**Exercise:**
Go over the records and copy every line with the string "Place".

>>>>

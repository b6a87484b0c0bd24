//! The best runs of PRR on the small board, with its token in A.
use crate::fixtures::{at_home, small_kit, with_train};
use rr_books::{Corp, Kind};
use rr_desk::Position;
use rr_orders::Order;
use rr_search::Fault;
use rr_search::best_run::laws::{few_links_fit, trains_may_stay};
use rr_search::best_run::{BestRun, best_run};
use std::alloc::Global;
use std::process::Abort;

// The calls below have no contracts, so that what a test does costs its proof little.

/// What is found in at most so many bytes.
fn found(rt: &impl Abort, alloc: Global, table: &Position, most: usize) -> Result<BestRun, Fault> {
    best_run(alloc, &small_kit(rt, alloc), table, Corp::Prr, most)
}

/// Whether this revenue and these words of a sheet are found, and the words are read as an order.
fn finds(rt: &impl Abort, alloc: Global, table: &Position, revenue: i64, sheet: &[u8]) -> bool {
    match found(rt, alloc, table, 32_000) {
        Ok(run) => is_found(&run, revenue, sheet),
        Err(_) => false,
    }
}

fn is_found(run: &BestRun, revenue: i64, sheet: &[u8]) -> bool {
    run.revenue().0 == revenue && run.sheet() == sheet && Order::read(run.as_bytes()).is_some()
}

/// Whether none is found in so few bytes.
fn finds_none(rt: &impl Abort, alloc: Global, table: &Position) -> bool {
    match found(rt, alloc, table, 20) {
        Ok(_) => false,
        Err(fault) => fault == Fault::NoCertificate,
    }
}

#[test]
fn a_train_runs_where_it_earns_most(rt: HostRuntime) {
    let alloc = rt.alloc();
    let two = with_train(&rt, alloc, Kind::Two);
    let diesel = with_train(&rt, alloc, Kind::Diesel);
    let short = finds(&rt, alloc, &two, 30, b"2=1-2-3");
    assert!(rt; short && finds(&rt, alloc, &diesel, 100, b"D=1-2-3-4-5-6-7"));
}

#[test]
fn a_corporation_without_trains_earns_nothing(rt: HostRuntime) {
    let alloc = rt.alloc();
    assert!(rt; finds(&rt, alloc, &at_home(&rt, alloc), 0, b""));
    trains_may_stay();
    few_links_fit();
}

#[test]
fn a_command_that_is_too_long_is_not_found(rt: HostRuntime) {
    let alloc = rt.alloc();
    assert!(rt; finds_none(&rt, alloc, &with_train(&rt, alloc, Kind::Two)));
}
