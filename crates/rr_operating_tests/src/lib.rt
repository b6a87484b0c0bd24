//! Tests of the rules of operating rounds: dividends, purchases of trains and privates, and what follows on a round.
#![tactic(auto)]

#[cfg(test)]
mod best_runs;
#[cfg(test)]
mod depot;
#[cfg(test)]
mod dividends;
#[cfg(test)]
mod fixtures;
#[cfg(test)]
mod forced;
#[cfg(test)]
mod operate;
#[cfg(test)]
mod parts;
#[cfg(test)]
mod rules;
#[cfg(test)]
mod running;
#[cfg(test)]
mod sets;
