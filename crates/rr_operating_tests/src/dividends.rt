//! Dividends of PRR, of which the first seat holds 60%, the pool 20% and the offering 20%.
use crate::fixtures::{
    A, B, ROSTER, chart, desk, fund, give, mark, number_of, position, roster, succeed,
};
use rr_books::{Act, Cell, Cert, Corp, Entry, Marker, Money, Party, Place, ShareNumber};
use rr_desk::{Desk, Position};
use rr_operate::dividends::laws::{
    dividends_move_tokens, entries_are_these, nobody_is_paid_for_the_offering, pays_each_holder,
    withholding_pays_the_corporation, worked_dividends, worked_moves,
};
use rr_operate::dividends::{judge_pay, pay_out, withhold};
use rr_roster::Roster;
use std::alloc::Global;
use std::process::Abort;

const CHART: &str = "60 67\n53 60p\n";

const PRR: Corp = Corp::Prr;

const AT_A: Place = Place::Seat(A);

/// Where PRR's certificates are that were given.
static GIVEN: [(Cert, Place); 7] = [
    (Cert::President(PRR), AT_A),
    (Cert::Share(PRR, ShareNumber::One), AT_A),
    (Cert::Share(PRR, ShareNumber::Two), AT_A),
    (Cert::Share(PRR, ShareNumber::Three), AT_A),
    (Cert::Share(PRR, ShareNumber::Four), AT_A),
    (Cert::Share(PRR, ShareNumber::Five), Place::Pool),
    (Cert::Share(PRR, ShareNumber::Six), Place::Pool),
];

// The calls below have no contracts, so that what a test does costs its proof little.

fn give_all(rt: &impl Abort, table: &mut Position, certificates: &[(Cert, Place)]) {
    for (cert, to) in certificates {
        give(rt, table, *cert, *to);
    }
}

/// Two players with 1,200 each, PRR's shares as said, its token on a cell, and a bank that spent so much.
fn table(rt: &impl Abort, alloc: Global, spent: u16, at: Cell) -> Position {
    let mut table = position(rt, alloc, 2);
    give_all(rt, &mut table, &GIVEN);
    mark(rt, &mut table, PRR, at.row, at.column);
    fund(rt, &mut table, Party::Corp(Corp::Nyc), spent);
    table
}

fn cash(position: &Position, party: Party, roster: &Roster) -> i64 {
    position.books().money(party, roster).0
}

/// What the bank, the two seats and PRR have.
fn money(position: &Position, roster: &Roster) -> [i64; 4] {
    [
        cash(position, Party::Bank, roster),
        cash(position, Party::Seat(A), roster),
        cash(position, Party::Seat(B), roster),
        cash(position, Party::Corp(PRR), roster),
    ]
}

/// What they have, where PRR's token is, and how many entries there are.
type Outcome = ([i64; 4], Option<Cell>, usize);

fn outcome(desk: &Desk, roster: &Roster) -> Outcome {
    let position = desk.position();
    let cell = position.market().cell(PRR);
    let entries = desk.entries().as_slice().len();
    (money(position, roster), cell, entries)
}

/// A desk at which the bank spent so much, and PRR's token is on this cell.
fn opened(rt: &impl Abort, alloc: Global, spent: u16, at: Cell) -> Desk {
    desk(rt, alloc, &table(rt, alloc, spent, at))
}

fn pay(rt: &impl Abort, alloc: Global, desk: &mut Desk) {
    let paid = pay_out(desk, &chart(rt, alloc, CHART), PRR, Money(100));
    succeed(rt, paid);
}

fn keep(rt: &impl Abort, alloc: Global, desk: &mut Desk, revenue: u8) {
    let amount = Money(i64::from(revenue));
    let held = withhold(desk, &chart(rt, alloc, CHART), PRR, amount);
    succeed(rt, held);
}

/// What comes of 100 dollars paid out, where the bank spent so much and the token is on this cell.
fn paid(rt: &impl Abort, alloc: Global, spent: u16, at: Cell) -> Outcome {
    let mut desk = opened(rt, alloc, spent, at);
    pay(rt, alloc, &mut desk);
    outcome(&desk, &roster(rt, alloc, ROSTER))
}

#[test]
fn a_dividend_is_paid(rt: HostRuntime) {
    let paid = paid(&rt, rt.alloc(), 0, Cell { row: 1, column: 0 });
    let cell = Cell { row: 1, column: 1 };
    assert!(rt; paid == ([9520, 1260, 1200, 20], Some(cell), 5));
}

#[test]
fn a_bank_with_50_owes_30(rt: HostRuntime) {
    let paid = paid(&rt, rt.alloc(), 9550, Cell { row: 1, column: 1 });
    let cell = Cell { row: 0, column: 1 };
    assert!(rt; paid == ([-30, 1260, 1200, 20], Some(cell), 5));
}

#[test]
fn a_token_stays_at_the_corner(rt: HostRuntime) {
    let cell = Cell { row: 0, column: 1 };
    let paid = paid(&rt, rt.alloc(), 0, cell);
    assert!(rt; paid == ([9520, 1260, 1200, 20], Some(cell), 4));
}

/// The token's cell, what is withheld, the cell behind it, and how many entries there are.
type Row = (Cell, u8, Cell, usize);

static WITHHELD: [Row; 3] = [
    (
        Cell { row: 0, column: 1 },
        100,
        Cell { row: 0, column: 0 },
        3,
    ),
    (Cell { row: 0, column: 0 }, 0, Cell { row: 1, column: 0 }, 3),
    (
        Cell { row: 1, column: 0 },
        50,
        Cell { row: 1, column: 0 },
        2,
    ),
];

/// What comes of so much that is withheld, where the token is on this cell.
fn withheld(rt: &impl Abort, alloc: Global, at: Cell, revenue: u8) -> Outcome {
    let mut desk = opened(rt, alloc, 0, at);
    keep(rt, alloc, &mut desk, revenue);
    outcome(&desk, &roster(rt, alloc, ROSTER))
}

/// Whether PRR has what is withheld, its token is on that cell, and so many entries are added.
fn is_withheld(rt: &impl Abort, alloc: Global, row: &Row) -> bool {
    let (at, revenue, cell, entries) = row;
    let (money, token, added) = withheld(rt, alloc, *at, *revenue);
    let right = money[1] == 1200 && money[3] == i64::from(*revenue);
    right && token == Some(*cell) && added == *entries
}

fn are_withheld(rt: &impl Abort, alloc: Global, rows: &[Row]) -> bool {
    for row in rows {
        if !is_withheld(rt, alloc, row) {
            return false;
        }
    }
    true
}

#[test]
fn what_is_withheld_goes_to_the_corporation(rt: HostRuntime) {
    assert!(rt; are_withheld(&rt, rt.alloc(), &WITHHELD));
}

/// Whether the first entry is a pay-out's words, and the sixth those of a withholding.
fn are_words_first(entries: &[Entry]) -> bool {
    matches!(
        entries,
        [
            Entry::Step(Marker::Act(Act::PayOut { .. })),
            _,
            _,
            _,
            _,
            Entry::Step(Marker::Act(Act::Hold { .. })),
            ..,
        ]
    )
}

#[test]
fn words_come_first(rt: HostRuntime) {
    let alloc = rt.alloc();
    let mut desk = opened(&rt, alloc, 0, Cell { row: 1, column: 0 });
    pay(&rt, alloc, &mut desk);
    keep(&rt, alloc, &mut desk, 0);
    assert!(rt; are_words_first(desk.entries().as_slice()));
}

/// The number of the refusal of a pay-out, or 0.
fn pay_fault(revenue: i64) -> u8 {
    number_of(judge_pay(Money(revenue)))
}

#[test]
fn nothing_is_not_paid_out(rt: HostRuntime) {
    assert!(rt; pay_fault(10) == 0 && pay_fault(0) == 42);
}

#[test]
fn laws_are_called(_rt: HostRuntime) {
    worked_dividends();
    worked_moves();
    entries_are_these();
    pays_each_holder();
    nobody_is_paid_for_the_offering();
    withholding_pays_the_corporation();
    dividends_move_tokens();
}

<<<<

**Task response:**
use rr_books::{Act, Cell, Cert, Corp, Entry, Marker, Money, Party, Place, ShareNumber};
const AT_A: Place = Place::Seat(A);
static GIVEN: [(Cert, Place); 7] = [
    (Cert::Share(PRR, ShareNumber::Five), Place::Pool),
    (Cert::Share(PRR, ShareNumber::Six), Place::Pool),
fn give_all(rt: &impl Abort, table: &mut Position, certificates: &[(Cert, Place)]) {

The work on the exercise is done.